Manhattan DA Got Innocent People’s Google Phone Data Through A ‘Reverse Location’ Search Warrant
A Proud Boy kicking a protester outside the Metropolitan Republican Club last year (Shay Horse)
The technique uses a type of search warrant known as a “reverse location” or “geofence” warrant, which gives authorities location information on Google users who have Android phones or use apps, such as Google Maps.
From this bucket of data, law enforcement then try to figure out which phones may be tied to suspects or possible witnesses.
The use of this surveillance technique has not been confirmed in New York City until now. An investigator for the Manhattan DA revealed it during testimony last week in a case involving a politically-charged assault from last year.
The defendants are members of the Proud Boys, a group of pro-Trump rightwing extremists who allegedly beat up four leftist protesters, believed to be associated with Antifa, outside an Upper East Side event last October. The four protesters refused to cooperate with police, and authorities were unable to identify them.
As part of their attempt, prosecutors sent Google a warrant for phone records near the conflict, as the Times reported last week.
In further testimony, the investigator confirmed that the warrant was a reverse location search warrant, according to a transcript provided to WNYC by the Manhattan DA’s office.

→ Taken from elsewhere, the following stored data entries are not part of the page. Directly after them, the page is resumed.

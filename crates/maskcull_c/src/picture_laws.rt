//! What is hidden in the picture, by tiles that pieces of meshes of floats were drawn onto.
ghost use Rattle.std.specs.Prelude.{◌≡◌, ℕ, ℤ, pos, ◌*ℤ◌, ◌<ℤ◌, List};
ghost use Rattle.std.specs.List.{All, Contains};
ghost use Rattle.cull_base.specs.Piece.{Piece};
ghost use Rattle.cull_base.specs.Shape.{Shape};
ghost use Rattle.cull_base.specs.Screen.{Dimensions};
ghost use Rattle.exact_clip.specs.Clip.{Clip};
ghost use Rattle.pixel_forms.specs.Rays.{Place, Face, ray_through, size_of, weight_of};
ghost use Rattle.box_rays.specs.Objects.{weighted};
ghost use Rattle.masked_update.specs.TileOf.{TileOf};
ghost use Rattle.maskcull_c.specs.Asked.{verdict_over};
ghost use Rattle.maskcull_c.specs.Floats.{IsMeshAnswerFor, IsView, MayStandFor, points_of};
ghost use Rattle.maskcull_c.specs.Given.{size_of as screen_size};
ghost use Rattle.maskcull_c.specs.Seen.{AreOfMeshes, Drawn, IsDrawn, IsFrame, IsHiddenBy, IsHiddenInPicture, IsOfFrame, count_of};
ghost use Rattle.maskcull_c.specs.Tiles.{AreAll, Hides, IsAfter, code_of};
ghost use Rattle.maskcull_c.specs.declared.given.Setup.{Setup};
ghost use Rattle.maskcull_c.specs.declared.given.Triangle.{Triangle};
ghost use Rattle.maskcull_c.specs.declared.status.TheConstants.{OCCLUDED};
ghost use Rattle.maskcull_c.specs.declared.view.View.{View};

/// Tiles of a screen that are each after a list of pieces, which were set up of meshes, are a frame of these meshes.
pub fn drawn_is_frame()
    ensures { (s : Setup) (v : View) (reach : ℕ) (meshes : List Drawn) (lists : ℕ → List Piece)
        (tiles : List TileOf)
        → IsAfter (screen_size s) 0 lists tiles → AreAll (screen_size s) tiles
        → ((m : Drawn) → Contains meshes m → IsOfFrame s v reach m) → AreOfMeshes meshes lists
        → IsFrame s v reach meshes tiles }
{}

/// An object that is called occluded by tiles of a frame is hidden in the picture: at each point of the square around
/// each pixel that it is seen in, by one triangle of the frame's meshes. Of a mesh each triangle is.
pub fn hidden_in_picture()
    ensures object { (s : Setup) (v : View) (tiles : List TileOf) (reach : ℕ) (meshes : List Drawn)
        (points : List Clip) (shape : Shape) (code : ℕ)
        → MayStandFor s v points shape → code ≡ code_of (verdict_over (screen_size s) tiles shape)
        → Hides (screen_size s) tiles shape code → IsView s v → IsFrame s v reach meshes tiles
        → code ≡ OCCLUDED → IsHiddenInPicture v reach (IsDrawn meshes) points }
    ensures mesh { (s : Setup) (v : View) (tiles : List TileOf) (reach : ℕ) (meshes : List Drawn)
        (floats : List ℕ) (triangles : List Triangle) (code : ℕ)
        → IsMeshAnswerFor s v tiles floats triangles code → IsView s v → IsFrame s v reach meshes tiles
        → code ≡ OCCLUDED
        → All (λ t. IsHiddenInPicture v reach (IsDrawn meshes) (points_of v floats t)) triangles }
{}

/// A triangle that hides some points is nearer than each point between them, which is a weighted sum of them over the
/// weights' sum: where the ray meets it, its w is less.
pub fn nearer_than_all()
    ensures { (near : ℤ) (share : ℕ) (points : List Clip) (size : Dimensions) (z : Place) (f : Face)
        (weights : List ℕ)
        → IsHiddenBy near share points (ray_through size z) f → pos 0 <ℤ (weighted weights points).w
        → (pos (count_of weights points) *ℤ ((ray_through size z).w *ℤ size_of f))
        <ℤ ((weighted weights points).w *ℤ weight_of f (ray_through size z)) }
{}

Court records show that this dragnet data request captured the location data of multiple people who were put under law enforcement scrutiny, even though they had nothing to do with the crimes under investigation.

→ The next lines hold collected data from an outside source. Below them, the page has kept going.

//! Pieces in the caller's memory, and their way onto rows of tiles.
ghost use Rattle.std.specs.Prelude.{◌≡◌, ◌≢◌, ℕ, ◌<◌, ◌≤◌, length};
ghost use Rattle.masked_update.specs.TileOf.{tile_at};
ghost use Rattle.maskcull_c.specs.Bands.{Adds, AreMerged, IsBand, first_in};
ghost use Rattle.maskcull_c.specs.Given.{IsSetup, size_of};
ghost use Rattle.maskcull_c.specs.Tiles.{AreRows, row_start};
ghost use Rattle.maskcull_c.specs.declared.status.TheConstants.{DONE, BAD_SETUP, BAD_TILES};

use crate::band::draw_piece;
use crate::draw::window_from;
use crate::given::Setup;
use crate::status::{BAD_SETUP, BAD_TILES, DONE};
use cull_base::{ScreenTri, Size, TileSpan};
use masked_update::TileState;
use std::marker::Model;

/// Room for a piece. It may hold any numbers.
#[derive(Clone, Copy)]
#[repr(C)]
pub struct PieceRoom {
    pub x: [i32; 3],
    pub y: [i32; 3],
    pub q: [u32; 3],
}

/// A piece that `maskcull_set_up` wrote: coordinates in sixteenths of a pixel, nearness, and a positive area.
#[derive(Clone, Copy)]
#[repr(C)]
pub struct ListedPiece {
    x: [i32; 3],
    y: [i32; 3],
    q: [u32; 3],
}

impl Model for ListedPiece {
    ghost use Rattle.cull_base.specs.Piece.{Piece, IsPiece};

    ghost Value = { Piece };

    ghost view = { λ t. record { xs = t.x; ys = t.y; qs = t.q } };

    ghost invariant = { λ t. IsPiece (record { xs = t.x; ys = t.y; qs = t.q }) };

    ghost inverse = { λ v. record { x = v.xs; y = v.ys; q = v.qs } };
}

impl PieceRoom {
    ghost use Rattle.cull_base.specs.Piece.{IsPiece};
    ghost use Rattle.maskcull_c.specs.Pieces.{piece_in};

    /// What is to be written of a piece.
    #[inline(always)]
    pub(crate) fn of(tri: &ScreenTri) -> PieceRoom
        ensures value { piece_in result ≡ tri.now }
        ensures valid { IsPiece tri.now }
    {
        PieceRoom {
            x: tri.x(),
            y: tri.y(),
            q: tri.q(),
        }
    }
}

impl ListedPiece {
    #[cfg(test)]
    pub(crate) fn of(tri: &ScreenTri) -> ListedPiece
        ensures { result ≡ tri.now }
    {
        ListedPiece {
            x: tri.x(),
            y: tri.y(),
            q: tri.q(),
        }
    }

    #[inline(always)]
    fn tri(&self) -> ScreenTri
        ensures { result ≡ self.now }
    {
        ScreenTri::from_valid(self.x, self.y, self.q)
    }
}

// Draws pieces onto the tiles of a window, one after another.
fn draw_listed(tiles: &mut [TileState], window: TileSpan, pieces: &[ListedPiece], size: Size)
    requires { IsBand size window tiles.old }
    ensures { AreMerged size (first_in size window) pieces.now tiles.old tiles.new }
{
    for piece in pieces {
        draw_piece(tiles, window, &piece.tri(), size);
    }
}

/// Draws pieces that were set up onto some rows of the screen's tiles, from row first_row on: 0 where all were drawn,
/// else why none was. Calls on tiles that don't overlap may run at the same time.
#[unsafe(no_mangle)]
pub extern "C" fn maskcull_draw_pieces(
    setup: &Setup,
    tiles: &mut [TileState],
    first_row: u32,
    pieces: &[ListedPiece],
) -> u32
    ensures drawn { result ≡ DONE → Adds (size_of setup.now) (row_start (size_of setup.now) first_row)
        pieces.now tiles.old tiles.new }
    ensures merged { result ≡ DONE → AreMerged (size_of setup.now) (row_start (size_of setup.now) first_row)
        pieces.now tiles.old tiles.new }
    ensures counts { (t : ℕ) → t < length tiles.old
        → (tile_at tiles.new t).count ≡ (tile_at tiles.old t).count }
    ensures accepted { IsSetup setup.now → AreRows (size_of setup.now) first_row tiles.old → result ≡ DONE }
    ensures bad_setup { result ≡ BAD_SETUP → IsSetup setup.now → ⊥ }
    ensures bad_tiles { result ≡ BAD_TILES → AreRows (size_of setup.now) first_row tiles.old → ⊥ }
    ensures refuses_setup { (IsSetup setup.now → ⊥) → result ≡ BAD_SETUP }
    ensures refuses_tiles { IsSetup setup.now → (AreRows (size_of setup.now) first_row tiles.old → ⊥)
        → result ≡ BAD_TILES }
    ensures most { result ≤ BAD_TILES }
    ensures refused { result ≢ DONE → tiles.new ≡ tiles.old }
{
    let Some(checked) = setup.checked() else {
        return BAD_SETUP;
    };
    let Some(window) = window_from(checked.size, first_row, tiles) else {
        return BAD_TILES;
    };
    draw_listed(tiles, window, pieces, checked.size);
    DONE
}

According to the investigator’s testimony, authorities were looking for location records from “Google’s Android platform and Google-based apps, such as Google Maps, [that] utilize location service[s].” The warrant requested records from multiple sites, including where the conflict broke out on 82nd Street and other locations where participants in the clash may have been that evening.
The tech company forwarded an “anonymized list” of “Google device IDs” based on their request. Investigators then cross referenced spreadsheets of Google users at various locations, attempting to find “multiple appearances of those same anonymous numbers.”

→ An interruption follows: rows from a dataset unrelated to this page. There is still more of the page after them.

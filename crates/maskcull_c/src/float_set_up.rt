//! Occluder meshes of floats, set up once: their pieces are written into room of the caller's.
ghost use Rattle.std.specs.Prelude.{◌≡◌, ◌≢◌, ◌+◌, ◌*◌, ◌<◌, ◌≤◌, List, ℕ, IfSome, length, true};
ghost use Rattle.std.specs.List.{All};
ghost use Rattle.maskcull_c.specs.Floats.{AreSetUp, AreWithin, HasFloatRoom, IsView, position_at, position_count};
ghost use Rattle.maskcull_c.specs.Given.{IsAmong, IsSetup};
ghost use Rattle.maskcull_c.specs.Lenses.{AreAdded, AreHeld};
ghost use Rattle.maskcull_c.specs.Pieces.{AreListed};
ghost use Rattle.maskcull_c.specs.declared.status.TheConstants.{DONE, BAD_SETUP, BAD_INDEX, BAD_ROOM};

use crate::given::{Setup, Triangle, are_among};
use crate::lens::Lens;
use crate::pieces::PieceRoom;
use crate::scratch::Scratch;
use crate::status::{BAD_INDEX, BAD_ROOM, BAD_SETUP, DONE};
use crate::view::View;
use inward_pieces::{FanPieces, quad_pieces, triangle_pieces};

/// The most pieces that a triangle can have.
const MOST: usize = 7;

// Holds the clip point of each position. Condition: there is a scratch for each, and no more.
fn hold(scratch: &mut [Scratch], lens: &Lens, positions: &[u32])
    requires { length scratch.old ≡ position_count lens.now.view.stride (length positions.now) }
    ensures { AreHeld lens.now positions.now scratch.new }
{
    for k in 0..scratch.len() {
        scratch[k] = Scratch::of(lens.point(positions, k));
    }
}

// Writes pieces from one place on, and tells the place after them.
#[inline(always)]
fn put_fan(rooms: &mut [PieceRoom], at: usize, pieces: &FanPieces) -> usize
    requires { at + length pieces.now ≤ length rooms.old }
    ensures next { result ≡ at + length pieces.now }
    ensures listed { AreListed at pieces.now rooms.old rooms.new }
{
    for k in 0..pieces.len() {
        rooms[at + k as usize] = PieceRoom::of(&pieces.get(k));
    }
    at + pieces.len() as usize
}

// Whether two positions have the same bits.
#[inline(always)]
fn are_same(lens: &Lens, positions: &[u32], first: u32, second: u32) -> bool
    requires first { first < position_count lens.now.view.stride (length positions.now) }
    requires second { second < position_count lens.now.view.stride (length positions.now) }
    ensures { result ≡ true → position_at lens.now.view.stride positions.now first
        ≡ position_at lens.now.view.stride positions.now second }
{
    if first == second {
        return true;
    }
    lens.position(positions, first as usize) == lens.position(positions, second as usize)
}

// The pieces of triangle i. None: one of its points isn't held.
#[inline(always)]
fn triangle_fan(
    lens: &Lens,
    held: &[Scratch],
    triangles: &[Triangle],
    i: usize,
) -> Option<FanPieces>
    requires there { i < length triangles.now }
    requires among { All (IsAmong (length held.now)) triangles.now }
    ensures few { IfSome result (λ pieces. length pieces ≤ 7) }
    ensures within { (positions : List ℕ) → AreHeld lens.now positions held.now
        → IfSome result (AreWithin lens.now.setup lens.now.view positions triangles.now) }
{
    let triangle = &triangles[i];
    let a = held[triangle.a as usize].point()?;
    let b = held[triangle.b as usize].point()?;
    let c = held[triangle.c as usize].point()?;
    Some(triangle_pieces(&lens.eye, &a, &b, &c))
}

// The pieces of triangles i and i + 1 as one quad a b c d, where they are a b c and a c d. None: each is taken alone.
#[inline(always)]
fn quad_fan(
    lens: &Lens,
    held: &[Scratch],
    positions: &[u32],
    triangles: &[Triangle],
    i: usize,
) -> Option<FanPieces>
    requires there { i + 1 < length triangles.now }
    requires among { All (IsAmong (length held.now)) triangles.now }
    requires held { AreHeld lens.now positions.now held.now }
    ensures few { IfSome result (λ pieces. length pieces ≤ 10) }
    ensures within { IfSome result (AreWithin lens.now.setup lens.now.view positions.now triangles.now) }
{
    let first = &triangles[i];
    let second = &triangles[i + 1];
    if !are_same(lens, positions, first.a, second.a)
        || !are_same(lens, positions, first.c, second.b)
    {
        return None;
    }
    let a = held[first.a as usize].point()?;
    let b = held[first.b as usize].point()?;
    let c = held[first.c as usize].point()?;
    let d = held[second.c as usize].point()?;
    let pieces = quad_pieces(&lens.eye, &a, &b, &c, &d)?;
    // an accessor tells how many there are at most
    let _count = pieces.len();
    Some(pieces)
}

// Writes the pieces of triangle i from one place on, and tells the place after them.
#[inline(always)]
fn put_triangle(
    rooms: &mut [PieceRoom],
    at: usize,
    lens: &Lens,
    held: &[Scratch],
    triangles: &[Triangle],
    i: usize,
) -> usize
    requires there { i < length triangles.now }
    requires among { All (IsAmong (length held.now)) triangles.now }
    requires room { at + 7 ≤ length rooms.old }
    ensures { (positions : List ℕ) → AreHeld lens.now positions held.now
        → AreAdded lens.now positions triangles.now 7 at result rooms.old rooms.new }
{
    match triangle_fan(lens, held, triangles, i) {
        Some(pieces) => put_fan(rooms, at, &pieces),
        None => at,
    }
}

// Writes the pieces of triangles i and i + 1.
#[inline(always)]
fn put_pair(
    rooms: &mut [PieceRoom],
    at: usize,
    lens: &Lens,
    held: &[Scratch],
    positions: &[u32],
    triangles: &[Triangle],
    i: usize,
) -> usize
    requires there { i + 1 < length triangles.now }
    requires among { All (IsAmong (length held.now)) triangles.now }
    requires held { AreHeld lens.now positions.now held.now }
    requires room { at + 14 ≤ length rooms.old }
    ensures { AreAdded lens.now positions.now triangles.now 14 at result rooms.old rooms.new }
{
    if let Some(pieces) = quad_fan(lens, held, positions, triangles, i) {
        return put_fan(rooms, at, &pieces);
    }
    let next = put_triangle(rooms, at, lens, held, triangles, i);
    put_triangle(rooms, next, lens, held, triangles, i + 1)
}

// Writes the pieces of all triangles, and tells how many there are.
fn put_triangles(
    rooms: &mut [PieceRoom],
    lens: &Lens,
    held: &[Scratch],
    positions: &[u32],
    triangles: &[Triangle],
) -> usize
    requires among { All (IsAmong (length held.now)) triangles.now }
    requires held { AreHeld lens.now positions.now held.now }
    requires room { 7 * length triangles.now ≤ length rooms.old }
    ensures { AreSetUp lens.now.setup lens.now.view positions.now triangles.now rooms.old rooms.new result }
{
    let mut at = 0;
    for k in 0..triangles.len() / 2 {
        at = put_pair(rooms, at, lens, held, positions, triangles, 2 * k);
    }
    if triangles.len() % 2 == 1 {
        return put_triangle(rooms, at, lens, held, triangles, triangles.len() - 1);
    }
    at
}

// Sets up a mesh. Where the near distance or the matrix has no number, there is no piece.
fn list_mesh(
    rooms: &mut [PieceRoom],
    setup: &Setup,
    view: &View,
    positions: &[u32],
    triangles: &[Triangle],
    scratch: &mut [Scratch],
) -> usize
    requires setup { IsSetup setup.now }
    requires view { IsView setup.now view.now }
    requires among { All (IsAmong (length scratch.old)) triangles.now }
    requires scratch { length scratch.old ≡ position_count view.now.stride (length positions.now) }
    requires room { 7 * length triangles.now ≤ length rooms.old }
    ensures { AreSetUp setup.now view.now positions.now triangles.now rooms.old rooms.new result }
{
    let Some(lens) = Lens::of(setup, view) else {
        return 0;
    };
    hold(scratch, &lens, positions);
    put_triangles(rooms, &lens, scratch, positions, triangles)
}

/// Writes the pieces of a mesh of floats, in order, to the head of the room, and how many there are: 0 where all were
/// written, else why none was. Each lies within the triangles whose positions are numbers: over the square around each
/// sample that it covers there is one of them, no farther than it says. There has to be a scratch for each position, and
/// room for seven pieces a triangle.
#[unsafe(no_mangle)]
pub extern "C" fn maskcull_set_up_floats(
    setup: &Setup,
    view: &View,
    positions: &[u32],
    triangles: &[Triangle],
    scratch: &mut [Scratch],
    pieces: &mut [PieceRoom],
    count: &mut usize,
) -> u32
    ensures listed { result ≡ DONE
        → AreSetUp setup.now view.now positions.now triangles.now pieces.old pieces.new count.new }
    ensures accepted { IsSetup setup.now → IsView setup.now view.now
        → HasFloatRoom view.now positions.now triangles.now scratch.old pieces.old
        → All (IsAmong (position_count view.now.stride (length positions.now))) triangles.now → result ≡ DONE }
    ensures bad_setup { result ≡ BAD_SETUP → IsSetup setup.now → IsView setup.now view.now → ⊥ }
    ensures bad_room { result ≡ BAD_ROOM
        → HasFloatRoom view.now positions.now triangles.now scratch.old pieces.old → ⊥ }
    ensures bad_index { result ≡ BAD_INDEX
        → All (IsAmong (position_count view.now.stride (length positions.now))) triangles.now → ⊥ }
    ensures refuses_setup { (IsSetup setup.now → IsView setup.now view.now → ⊥) → result ≡ BAD_SETUP }
    ensures refuses_room { IsSetup setup.now → IsView setup.now view.now
        → (HasFloatRoom view.now positions.now triangles.now scratch.old pieces.old → ⊥) → result ≡ BAD_ROOM }
    ensures refuses_index { IsSetup setup.now → IsView setup.now view.now
        → HasFloatRoom view.now positions.now triangles.now scratch.old pieces.old
        → (All (IsAmong (position_count view.now.stride (length positions.now))) triangles.now → ⊥)
        → result ≡ BAD_INDEX }
    ensures most { result ≤ BAD_ROOM }
    ensures refused { result ≢ DONE
        → (pieces.new ≡ pieces.old) × (count.new ≡ count.old) × (scratch.new ≡ scratch.old) }
{
    let Some(_checked) = view.checked(setup) else {
        return BAD_SETUP;
    };
    let known = view.position_count(positions);
    if scratch.len() < known || pieces.len() / MOST < triangles.len() {
        return BAD_ROOM;
    }
    if !are_among(triangles, known) {
        return BAD_INDEX;
    }
    *count = list_mesh(
        pieces,
        setup,
        view,
        positions,
        triangles,
        &mut scratch[..known],
    );
    DONE
}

Authorities said they eventually learned enough about several of the accounts to determine the individuals were innocent.
“We received approximately two or three records back from them that met our specific search criteria,” Investigator Schoenfeld said. “Through follow-up investigation, we were able to determine that we did not believe that the individuals who were the account holders here were involved in this incident in any way.”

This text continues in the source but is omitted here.